(Records provided Opens)
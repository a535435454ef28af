//! What single words spell.
ghost use Rattle.std.specs.Prelude.{◌≡◌, ◌<◌, ◌≤◌, ◌==◌, map, length, IfOk, IfSome, IsTrue};
ghost use Rattle.std.specs.Char.{is_ascii_digit};
ghost use Rattle.std.specs.List.{list_all, slice_split};
ghost use Rattle.std.specs.Option.{option_map};
ghost use Rattle.job_states.specs.Judged.{Gives, GivesAs};
ghost use Rattle.job_states.specs.Length.{IsName, is_name};
ghost use Rattle.job_states.specs.Moment.{IsMoment};
ghost use Rattle.job_states.specs.Ranges.{is_priority};
ghost use Rattle.trace_lines.specs.Ranges.{IsFitList};
ghost use Rattle.trace_lines.specs.Words as spec;

use crate::LineFault;
use job_states::{Kind, LAST, List, Moment, Name, NameFault, NoMemory, Text};
use std::alloc::{AllocError, Global};

/// The last seat.
const LAST_SEAT: u64 = 63;

/// The most jobs that a poll claims.
const MOST_CLAIMS: u64 = 100;

/// The most items of a queue list.
const MOST_QUEUES: usize = 64;

/// The magnitude of the least priority.
const LEAST_PRIORITY: u64 = 1 << 31;

fn after_sign(word: &str, sign: char) -> Option<&str>
    requires { sign < 128 }
    ensures { option_map (λ s. s.now) result ≡ spec.after_sign sign word.now }
{
    word.strip_prefix(sign)
}

// ---- numbers

fn is_numeral(word: &str) -> bool
    ensures { result ≡ spec.is_numeral word.now }
{
    1 <= word.len() && word.len() <= 20 && is_digits(word) && !has_leading_zero(word)
}

fn is_digits(word: &str) -> bool
    ensures { result ≡ list_all is_ascii_digit word.now }
{
    word.bytes().all(|b| b.is_ascii_digit())
}

fn has_leading_zero(word: &str) -> bool
    ensures { result ≡ spec.has_leading_zero word.now }
{
    word.len() > 1 && word.as_bytes()[0] == b'0'
}

/// The number that a word writes in decimal, without a leading zero.
pub(crate) fn number_in(word: &str) -> Result<u64, LineFault>
    ensures { Gives LineFault.NoMemory result (spec.number_of word.now) }
{
    if !is_numeral(word) {
        return Err(LineFault::NotALine);
    }
    match word.parse() {
        Ok(number) => Ok(number),
        Err(_) => Err(LineFault::NotALine),
    }
}

fn number_within(least: u64, most: u64, word: &str) -> Result<u64, LineFault>
    ensures exact { Gives LineFault.NoMemory result (spec.number_within least most word.now) }
    ensures least { IfOk result (λ n. least ≤ n) }
    ensures most { IfOk result (λ n. n ≤ most) }
{
    let number = number_in(word)?;
    if number < least || most < number {
        return Err(LineFault::NotALine);
    }
    Ok(number)
}

/// From 0 to 63.
pub(crate) fn seat_in(word: &str) -> Result<u32, LineFault>
    ensures exact { Gives LineFault.NoMemory result (spec.seat_of word.now) }
    ensures range { IfOk result (λ seat. seat ≤ 63) }
{
    Ok(number_within(0, LAST_SEAT, word)? as u32)
}

/// From 1 to 100.
pub(crate) fn limit_in(word: &str) -> Result<u32, LineFault>
    ensures exact { Gives LineFault.NoMemory result (spec.limit_of word.now) }
    ensures range { IfOk result (λ limit. (1 ≤ limit) × (limit ≤ 100)) }
{
    Ok(number_within(1, MOST_CLAIMS, word)? as u32)
}

/// From -2^31 to 2^31 - 1.
pub(crate) fn priority_in(word: &str) -> Result<i32, LineFault>
    ensures exact { Gives LineFault.NoMemory result (spec.priority_of word.now) }
    ensures range { IfOk result (λ priority. IsTrue (is_priority priority)) }
{
    match after_sign(word, '-') {
        Some(digits) => {
            let magnitude = number_within(1, LEAST_PRIORITY, digits)? as i64;
            Ok(-magnitude as i32)
        }
        None => Ok(number_within(0, LEAST_PRIORITY - 1, word)? as i32),
    }
}

// ---- moments

/// `@` and microseconds since 1970.
pub(crate) fn moment_in(word: &str) -> Result<Moment, LineFault>
    ensures exact { Gives LineFault.NoMemory result (spec.moment_of word.now) }
    ensures range { IfOk result IsMoment }
{
    match after_sign(word, '@') {
        Some(digits) => number_within(0, LAST, digits),
        None => Err(LineFault::NotALine),
    }
}

/// A moment, or a dash for none.
pub(crate) fn due_in(word: &str) -> Result<Option<Moment>, LineFault>
    ensures exact { Gives LineFault.NoMemory result (spec.due_of word.now) }
    ensures range { IfOk result (λ at. IfSome at IsMoment) }
{
    match word {
        "-" => Ok(None),
        _ => Ok(Some(moment_in(word)?)),
    }
}

// ---- names and lists

/// A name of 1 to 128 bytes.
pub(crate) fn name_in(alloc: Global, word: &str) -> Result<Name, LineFault>
    ensures exact { Gives LineFault.NoMemory result (spec.name_of word.now) }
    ensures name { IfOk result IsName }
{
    match Name::read(alloc, word) {
        Ok(name) => Ok(name),
        Err(NameFault::NoMemory) => Err(LineFault::NoMemory),
        Err(NameFault::Empty | NameFault::TooLong { .. }) => Err(LineFault::NotALine),
    }
}

/// The kind of a process.
pub(crate) fn kind_in(word: &str) -> Result<Kind, LineFault>
    ensures { Gives LineFault.NoMemory result (spec.kind_of word.now) }
{
    match word {
        "worker" => Ok(Kind::Worker),
        "dispatcher" => Ok(Kind::Dispatcher),
        "scheduler" => Ok(Kind::Scheduler),
        "supervisor" => Ok(Kind::Supervisor),
        _ => Err(LineFault::NotALine),
    }
}

/// The parts of a text that a character separates.
pub(crate) fn parts_of<'t>(
    alloc: Global,
    text: &'t str,
    separator: char,
) -> Result<Vec<&'t str>, AllocError>
    requires { separator < 128 }
    ensures { IfOk result (λ parts. map (λ s. s.now) parts.items ≡ slice_split (λ b. b == separator) text.now) }
{
    text.split(separator).collect(alloc)
}

fn texts_of(alloc: Global, items: &[&str]) -> Result<List<Text>, NoMemory>
    ensures { IfOk result (λ texts. texts ≡ map (λ s. s.now) items.now) }
{
    let mut texts = Vec::new(alloc);
    for item in items {
        texts.push(Text::read(alloc, item)?)?;
    }
    Ok(List::of(texts))
}

fn are_names(texts: &[Text]) -> bool
    ensures { result ≡ list_all is_name texts.now }
{
    texts
        .iter()
        .all(|text| 1 <= text.len() && text.len() <= Name::MAX_LEN)
}

/// A queue list of 1 to 64 items of 1 to 128 bytes, which commas separate.
pub(crate) fn queues_in(alloc: Global, word: &str) -> Result<List<Text>, LineFault>
    ensures exact { Gives LineFault.NoMemory result (spec.queues_of word.now) }
    ensures fit { IfOk result IsFitList }
{
    let queues = texts_of(alloc, &parts_of(alloc, word, ',')?)?;
    if queues.len() > MOST_QUEUES || !are_names(queues.as_slice()) {
        return Err(LineFault::NotALine);
    }
    Ok(queues)
}

/// A text of at least one byte, or a dash for none.
pub(crate) fn argument_in(word: &str) -> Result<Option<&str>, LineFault>
    ensures { GivesAs LineFault.NoMemory (option_map (λ s. s.now)) result (spec.argument_of word.now) }
{
    match word {
        "-" => Ok(None),
        "" => Err(LineFault::NotALine),
        _ => Ok(Some(word)),
    }
}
(Records provided Closes)
Exercise instructions:
A faithful, word-for-word transcription of the data above is required.

Response below:
repository a535435454ef28af
//! What single words spell.
ghost use Rattle.std.specs.Prelude.{◌≡◌, ◌<◌, ◌≤◌, ◌==◌, map, length, IfOk, IfSome, IsTrue};
ghost use Rattle.std.specs.Char.{is_ascii_digit};
ghost use Rattle.std.specs.List.{list_all, slice_split};
ghost use Rattle.std.specs.Option.{option_map};
ghost use Rattle.job_states.specs.Judged.{Gives, GivesAs};
ghost use Rattle.job_states.specs.Length.{IsName, is_name};
ghost use Rattle.job_states.specs.Moment.{IsMoment};
ghost use Rattle.job_states.specs.Ranges.{is_priority};
ghost use Rattle.trace_lines.specs.Ranges.{IsFitList};
ghost use Rattle.trace_lines.specs.Words as spec;

use crate::LineFault;
use job_states::{Kind, LAST, List, Moment, Name, NameFault, NoMemory, Text};
use std::alloc::{AllocError, Global};

/// The last seat.
const LAST_SEAT: u64 = 63;

/// The most jobs that a poll claims.
const MOST_CLAIMS: u64 = 100;

/// The most items of a queue list.
const MOST_QUEUES: usize = 64;

/// The magnitude of the least priority.
const LEAST_PRIORITY: u64 = 1 << 31;

fn after_sign(word: &str, sign: char) -> Option<&str>
    requires { sign < 128 }
    ensures { option_map (λ s. s.now) result ≡ spec.after_sign sign word.now }
{
    word.strip_prefix(sign)
}

// ---- numbers

fn is_numeral(word: &str) -> bool
    ensures { result ≡ spec.is_numeral word.now }
{
    1 <= word.len() && word.len() <= 20 && is_digits(word) && !has_leading_zero(word)
}

fn is_digits(word: &str) -> bool
    ensures { result ≡ list_all is_ascii_digit word.now }
{
    word.bytes().all(|b| b.is_ascii_digit())
}

fn has_leading_zero(word: &str) -> bool
    ensures { result ≡ spec.has_leading_zero word.now }
{
    word.len() > 1 && word.as_bytes()[0] == b'0'
}

/// The number that a word writes in decimal, without a leading zero.
pub(crate) fn number_in(word: &str) -> Result<u64, LineFault>
    ensures { Gives LineFault.NoMemory result (spec.number_of word.now) }
{
    if !is_numeral(word) {
        return Err(LineFault::NotALine);
    }
    match word.parse() {
        Ok(number) => Ok(number),
        Err(_) => Err(LineFault::NotALine),
    }
}

fn number_within(least: u64, most: u64, word: &str) -> Result<u64, LineFault>
    ensures exact { Gives LineFault.NoMemory result (spec.number_within least most word.now) }
    ensures least { IfOk result (λ n. least ≤ n) }
    ensures most { IfOk result (λ n. n ≤ most) }
{
    let number = number_in(word)?;
    if number < least || most < number {
        return Err(LineFault::NotALine);
    }
    Ok(number)
}

/// From 0 to 63.
pub(crate) fn seat_in(word: &str) -> Result<u32, LineFault>
    ensures exact { Gives LineFault.NoMemory result (spec.seat_of word.now) }
    ensures range { IfOk result (λ seat. seat ≤ 63) }
{
    Ok(number_within(0, LAST_SEAT, word)? as u32)
}

/// From 1 to 100.
pub(crate) fn limit_in(word: &str) -> Result<u32, LineFault>
    ensures exact { Gives LineFault.NoMemory result (spec.limit_of word.now) }
    ensures range { IfOk result (λ limit. (1 ≤ limit) × (limit ≤ 100)) }
{
    Ok(number_within(1, MOST_CLAIMS, word)? as u32)
}

/// From -2^31 to 2^31 - 1.
pub(crate) fn priority_in(word: &str) -> Result<i32, LineFault>
    ensures exact { Gives LineFault.NoMemory result (spec.priority_of word.now) }
    ensures range { IfOk result (λ priority. IsTrue (is_priority priority)) }
{
    match after_sign(word, '-') {
        Some(digits) => {
            let magnitude = number_within(1, LEAST_PRIORITY, digits)? as i64;
            Ok(-magnitude as i32)
        }
        None => Ok(number_within(0, LEAST_PRIORITY - 1, word)? as i32),
    }
}

// ---- moments

/// `@` and microseconds since 1970.
pub(crate) fn moment_in(word: &str) -> Result<Moment, LineFault>
    ensures exact { Gives LineFault.NoMemory result (spec.moment_of word.now) }
    ensures range { IfOk result IsMoment }
{
    match after_sign(word, '@') {
        Some(digits) => number_within(0, LAST, digits),
        None => Err(LineFault::NotALine),
    }
}

/// A moment, or a dash for none.
pub(crate) fn due_in(word: &str) -> Result<Option<Moment>, LineFault>
    ensures exact { Gives LineFault.NoMemory result (spec.due_of word.now) }
    ensures range { IfOk result (λ at. IfSome at IsMoment) }
{
    match word {
        "-" => Ok(None),
        _ => Ok(Some(moment_in(word)?)),
    }
}

// ---- names and lists

/// A name of 1 to 128 bytes.
pub(crate) fn name_in(alloc: Global, word: &str) -> Result<Name, LineFault>
    ensures exact { Gives LineFault.NoMemory result (spec.name_of word.now) }
    ensures name { IfOk result IsName }
{
    match Name::read(alloc, word) {
        Ok(name) => Ok(name),
        Err(NameFault::NoMemory) => Err(LineFault::NoMemory),
        Err(NameFault::Empty | NameFault::TooLong { .. }) => Err(LineFault::NotALine),
    }
}

/// The kind of a process.
pub(crate) fn kind_in(word: &str) -> Result<Kind, LineFault>
    ensures { Gives LineFault.NoMemory result (spec.kind_of word.now) }
{
    match word {
        "worker" => Ok(Kind::Worker),
        "dispatcher" => Ok(Kind::Dispatcher),
        "scheduler" => Ok(Kind::Scheduler),
        "supervisor" => Ok(Kind::Supervisor),
        _ => Err(LineFault::NotALine),
    }
}

/// The parts of a text that a character separates.
pub(crate) fn parts_of<'t>(
    alloc: Global,
    text: &'t str,
    separator: char,
) -> Result<Vec<&'t str>, AllocError>
    requires { separator < 128 }
    ensures { IfOk result (λ parts. map (λ s. s.now) parts.items ≡ slice_split (λ b. b == separator) text.now) }
{
    text.split(separator).collect(alloc)
}

fn texts_of(alloc: Global, items: &[&str]) -> Result<List<Text>, NoMemory>
    ensures { IfOk result (λ texts. texts ≡ map (λ s. s.now) items.now) }
{
    let mut texts = Vec::new(alloc);
    for item in items {
        texts.push(Text::read(alloc, item)?)?;
    }
    Ok(List::of(texts))
}

fn are_names(texts: &[Text]) -> bool
    ensures { result ≡ list_all is_name texts.now }
{
    texts
        .iter()
        .all(|text| 1 <= text.len() && text.len() <= Name::MAX_LEN)
}

/// A queue list of 1 to 64 items of 1 to 128 bytes, which commas separate.
pub(crate) fn queues_in(alloc: Global, word: &str) -> Result<List<Text>, LineFault>
    ensures exact { Gives LineFault.NoMemory result (spec.queues_of word.now) }
    ensures fit { IfOk result IsFitList }
{
    let queues = texts_of(alloc, &parts_of(alloc, word, ',')?)?;
    if queues.len() > MOST_QUEUES || !are_names(queues.as_slice()) {
        return Err(LineFault::NotALine);
    }
    Ok(queues)
}

/// A text of at least one byte, or a dash for none.
pub(crate) fn argument_in(word: &str) -> Result<Option<&str>, LineFault>
    ensures { GivesAs LineFault.NoMemory (option_map (λ s. s.now)) result (spec.argument_of word.now) }
{
    match word {
        "-" => Ok(None),
        "" => Err(LineFault::NotALine),
        _ => Ok(Some(word)),
    }
}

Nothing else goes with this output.